OK, I think I see where you're getting at. The current translation method looks good enough for me. Optional external language files for the installer will not be added before NSIS 2 final.

And the Miranda installer shows you how to use external (non-optional or runtime) language files.


Hmmm ... maybe I am not able to express what I mean.

The current multilanguage support has several drawbacks:

1. What about different character sets (kanji, turkish, ...)? It doesn't look like you're using UTF8 in the NSIS sources.
2. You have to change the script file if you want to add another language.
3. The user has to use IDs in his scripts and this is IMHO not intuitive.
4. No automatic extraction of the texts that have to be translated.
5. No default text if the user forgot to translate a message.

As I previously wrote, it's much more comfortable to just write something like gettext("text to translate") instead of defining an ID and assigning a correct translation to this ID.

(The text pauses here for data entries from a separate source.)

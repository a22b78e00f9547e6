//! The library of a text.

ghost use Rattle.std.specs.Prelude.{◌≡◌, ◌≤◌, length, Ok, IfOk, IfErr};
ghost use Rattle.eco_lef.specs.Grammar.{library_within};
ghost use Rattle.eco_lef.specs.Limits.{IsLibraryOf};
ghost use Rattle.eco_lef.specs.Names.{HaveOwnNames};
ghost use Rattle.eco_lef.specs.Reading.{Refuses};
ghost use Rattle.eco_lef.specs.Sizes.{KeepSizes};

use crate::fault::LefFault;
use crate::library::Library;
use crate::reader::Reader;
use eco_common::{MAX_LEF_BYTES, MAX_MASTERS};
use std::alloc::Global;

/// Reads a LEF text of at most 67,108,864 bytes.
///
/// The masters are those of the text by the rules of docs/FORMATS.md, at most 16,384. A text that gives none has a first
/// fault, from the front of the text, and that is the answer.
pub fn read_lef(alloc: Global, text: &[u8]) -> Result<Library, LefFault>
    requires { length text.now ≤ MAX_LEF_BYTES }
    ensures library { IfOk result (IsLibraryOf MAX_MASTERS text.now) }
    ensures names { IfOk result HaveOwnNames }
    ensures sizes { IfOk result KeepSizes }
    ensures masters { IfOk result (λ masters. library_within MAX_MASTERS text.now ≡ Ok masters) }
    ensures fault { IfErr result (λ e. Refuses (library_within MAX_MASTERS text.now) e) }
{
    let mut reader = Reader::new(alloc, text);
    reader.library()
}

NSIS supports MBCS for languages with another character set (there are Chinese, Korean, Japanese etc. translations). It does not support Unicode because that is not supported on Windows 95/98/ME.

You can keep your translations separate from the script, just use header files for the translations.


With your method you have to change the script too, you have to add gettext, which doesn't really fit well into the current script language structure. I'd even say it breaks it.

With your method the user will have to create a file named or with a header containg the language name. The same goes for the current method, just include the name of the language (${LANG_ENGLISH}), or if you want you can define a value at the top of the included file and use a macro that automatically appends that language ID (Miranda and MUI for example).

The texts are automatically translated, all the user needs to know is the name of the language string.

Again, the only difference I see is the default string.


Interesting that I discorered this thread. Using gettext suite of tools it by far the best translation method I ever used. Now I'm forced to create import/export scripts for the conversion like nsi2po and po2nsi.

If someone wonders why is seams that it doesn't have real like experience with this kind of job and how can be managed well. Is't so easy to work with po files and there are a lot of editors - plus when the strings are added/modified/removed you don't have to deal with manual file sincronization.